(Exercise) Below are the entries; count how many lines contain the word "Carry" and reply with that number alone.

== == ==

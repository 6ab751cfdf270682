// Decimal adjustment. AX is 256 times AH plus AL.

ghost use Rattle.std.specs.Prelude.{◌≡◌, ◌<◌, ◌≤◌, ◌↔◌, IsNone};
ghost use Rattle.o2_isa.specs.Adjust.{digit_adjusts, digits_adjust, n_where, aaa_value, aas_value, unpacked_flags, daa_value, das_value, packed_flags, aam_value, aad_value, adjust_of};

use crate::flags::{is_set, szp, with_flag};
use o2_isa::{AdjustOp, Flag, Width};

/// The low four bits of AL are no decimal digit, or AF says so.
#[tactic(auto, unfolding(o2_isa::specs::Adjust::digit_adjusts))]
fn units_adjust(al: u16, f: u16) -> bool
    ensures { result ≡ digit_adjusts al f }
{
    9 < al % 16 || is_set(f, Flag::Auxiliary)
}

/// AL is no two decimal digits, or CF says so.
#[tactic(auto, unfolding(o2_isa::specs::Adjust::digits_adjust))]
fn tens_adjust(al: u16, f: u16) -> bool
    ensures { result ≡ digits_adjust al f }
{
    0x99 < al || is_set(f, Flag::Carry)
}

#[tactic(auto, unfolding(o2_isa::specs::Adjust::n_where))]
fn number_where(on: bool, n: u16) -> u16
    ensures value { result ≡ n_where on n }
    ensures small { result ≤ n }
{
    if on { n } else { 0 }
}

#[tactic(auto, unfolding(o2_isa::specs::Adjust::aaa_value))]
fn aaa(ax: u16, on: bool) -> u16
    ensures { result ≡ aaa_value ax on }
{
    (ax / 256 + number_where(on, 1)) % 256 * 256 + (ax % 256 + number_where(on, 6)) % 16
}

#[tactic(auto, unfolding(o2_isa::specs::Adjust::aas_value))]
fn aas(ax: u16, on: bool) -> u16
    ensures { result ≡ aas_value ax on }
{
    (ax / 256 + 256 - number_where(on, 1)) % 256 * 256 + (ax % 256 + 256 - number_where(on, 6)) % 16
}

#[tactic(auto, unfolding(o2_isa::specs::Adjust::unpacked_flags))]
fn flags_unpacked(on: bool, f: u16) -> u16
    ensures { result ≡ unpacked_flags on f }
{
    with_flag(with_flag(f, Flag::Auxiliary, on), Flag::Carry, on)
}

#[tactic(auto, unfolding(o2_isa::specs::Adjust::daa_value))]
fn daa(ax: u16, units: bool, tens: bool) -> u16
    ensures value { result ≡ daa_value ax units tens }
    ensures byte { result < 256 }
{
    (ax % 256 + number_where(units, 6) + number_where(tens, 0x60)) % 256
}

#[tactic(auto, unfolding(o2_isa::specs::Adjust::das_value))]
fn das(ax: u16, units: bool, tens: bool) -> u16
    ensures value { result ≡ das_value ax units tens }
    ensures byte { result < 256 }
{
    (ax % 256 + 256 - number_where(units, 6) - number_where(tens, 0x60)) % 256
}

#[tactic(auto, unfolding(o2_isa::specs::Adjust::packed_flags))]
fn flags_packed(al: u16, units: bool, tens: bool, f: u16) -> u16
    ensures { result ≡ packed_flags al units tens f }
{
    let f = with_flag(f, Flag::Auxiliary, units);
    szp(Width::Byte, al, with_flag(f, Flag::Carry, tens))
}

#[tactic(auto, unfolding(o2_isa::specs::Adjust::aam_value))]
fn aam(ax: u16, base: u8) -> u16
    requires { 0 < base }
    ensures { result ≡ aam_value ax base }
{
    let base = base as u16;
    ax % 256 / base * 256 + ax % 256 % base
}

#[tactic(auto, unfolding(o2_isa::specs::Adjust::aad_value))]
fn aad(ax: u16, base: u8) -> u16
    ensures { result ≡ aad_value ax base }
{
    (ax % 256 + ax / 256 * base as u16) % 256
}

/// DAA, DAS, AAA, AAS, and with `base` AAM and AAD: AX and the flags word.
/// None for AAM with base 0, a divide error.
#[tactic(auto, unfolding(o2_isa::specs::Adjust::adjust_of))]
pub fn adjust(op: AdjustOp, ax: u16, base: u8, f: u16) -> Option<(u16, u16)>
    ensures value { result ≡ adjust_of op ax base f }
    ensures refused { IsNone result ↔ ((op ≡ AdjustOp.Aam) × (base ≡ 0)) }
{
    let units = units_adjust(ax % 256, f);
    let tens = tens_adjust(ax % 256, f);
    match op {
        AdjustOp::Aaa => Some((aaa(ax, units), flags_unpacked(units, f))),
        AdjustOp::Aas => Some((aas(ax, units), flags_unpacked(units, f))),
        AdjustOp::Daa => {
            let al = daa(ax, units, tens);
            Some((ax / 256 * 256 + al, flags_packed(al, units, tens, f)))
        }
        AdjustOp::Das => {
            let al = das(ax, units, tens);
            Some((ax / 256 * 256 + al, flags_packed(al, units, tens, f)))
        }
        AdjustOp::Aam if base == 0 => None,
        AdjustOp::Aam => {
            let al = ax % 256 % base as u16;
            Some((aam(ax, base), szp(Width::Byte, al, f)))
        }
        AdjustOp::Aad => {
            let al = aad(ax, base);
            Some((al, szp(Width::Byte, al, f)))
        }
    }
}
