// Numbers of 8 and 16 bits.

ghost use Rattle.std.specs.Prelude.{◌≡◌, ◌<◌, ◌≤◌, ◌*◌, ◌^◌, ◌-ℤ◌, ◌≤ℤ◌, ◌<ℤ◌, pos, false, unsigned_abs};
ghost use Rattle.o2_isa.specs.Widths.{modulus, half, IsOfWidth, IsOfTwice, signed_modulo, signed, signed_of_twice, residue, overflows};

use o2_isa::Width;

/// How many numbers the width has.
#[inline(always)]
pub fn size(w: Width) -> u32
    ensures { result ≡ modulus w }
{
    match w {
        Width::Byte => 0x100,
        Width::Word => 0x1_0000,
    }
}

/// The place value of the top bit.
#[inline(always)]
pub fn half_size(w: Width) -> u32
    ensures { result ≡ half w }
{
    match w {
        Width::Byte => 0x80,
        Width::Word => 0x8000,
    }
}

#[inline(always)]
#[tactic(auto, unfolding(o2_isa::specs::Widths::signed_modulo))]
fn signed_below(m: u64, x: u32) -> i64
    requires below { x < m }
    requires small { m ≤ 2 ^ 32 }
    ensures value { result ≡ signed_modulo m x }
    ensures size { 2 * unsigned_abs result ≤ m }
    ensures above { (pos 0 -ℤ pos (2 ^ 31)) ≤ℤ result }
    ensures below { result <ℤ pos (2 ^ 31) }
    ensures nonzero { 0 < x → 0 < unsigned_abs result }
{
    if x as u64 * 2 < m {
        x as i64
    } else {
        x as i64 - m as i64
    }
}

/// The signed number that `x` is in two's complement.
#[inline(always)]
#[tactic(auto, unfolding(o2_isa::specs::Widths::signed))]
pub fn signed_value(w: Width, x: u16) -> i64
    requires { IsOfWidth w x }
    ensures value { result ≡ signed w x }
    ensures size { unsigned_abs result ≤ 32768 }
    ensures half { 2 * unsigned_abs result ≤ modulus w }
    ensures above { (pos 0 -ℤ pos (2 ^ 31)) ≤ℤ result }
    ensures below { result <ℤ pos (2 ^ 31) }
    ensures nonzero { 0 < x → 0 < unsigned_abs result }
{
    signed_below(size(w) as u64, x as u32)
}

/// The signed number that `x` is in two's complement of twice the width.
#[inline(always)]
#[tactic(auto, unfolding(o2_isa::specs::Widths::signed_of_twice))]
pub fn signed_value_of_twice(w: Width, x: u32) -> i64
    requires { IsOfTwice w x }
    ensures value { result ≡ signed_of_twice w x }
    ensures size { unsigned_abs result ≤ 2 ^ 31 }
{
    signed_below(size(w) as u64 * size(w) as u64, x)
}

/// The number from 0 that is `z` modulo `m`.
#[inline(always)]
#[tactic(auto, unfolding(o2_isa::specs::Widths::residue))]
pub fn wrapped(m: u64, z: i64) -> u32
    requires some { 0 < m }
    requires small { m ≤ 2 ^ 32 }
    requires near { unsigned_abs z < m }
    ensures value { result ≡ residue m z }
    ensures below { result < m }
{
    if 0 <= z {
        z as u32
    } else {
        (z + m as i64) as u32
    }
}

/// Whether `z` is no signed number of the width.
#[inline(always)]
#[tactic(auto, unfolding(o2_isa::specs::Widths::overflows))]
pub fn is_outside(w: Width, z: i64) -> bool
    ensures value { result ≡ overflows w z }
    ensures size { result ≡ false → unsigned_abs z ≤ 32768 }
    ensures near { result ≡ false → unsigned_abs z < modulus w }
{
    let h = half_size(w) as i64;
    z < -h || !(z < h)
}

== == ==

(Answer box) 3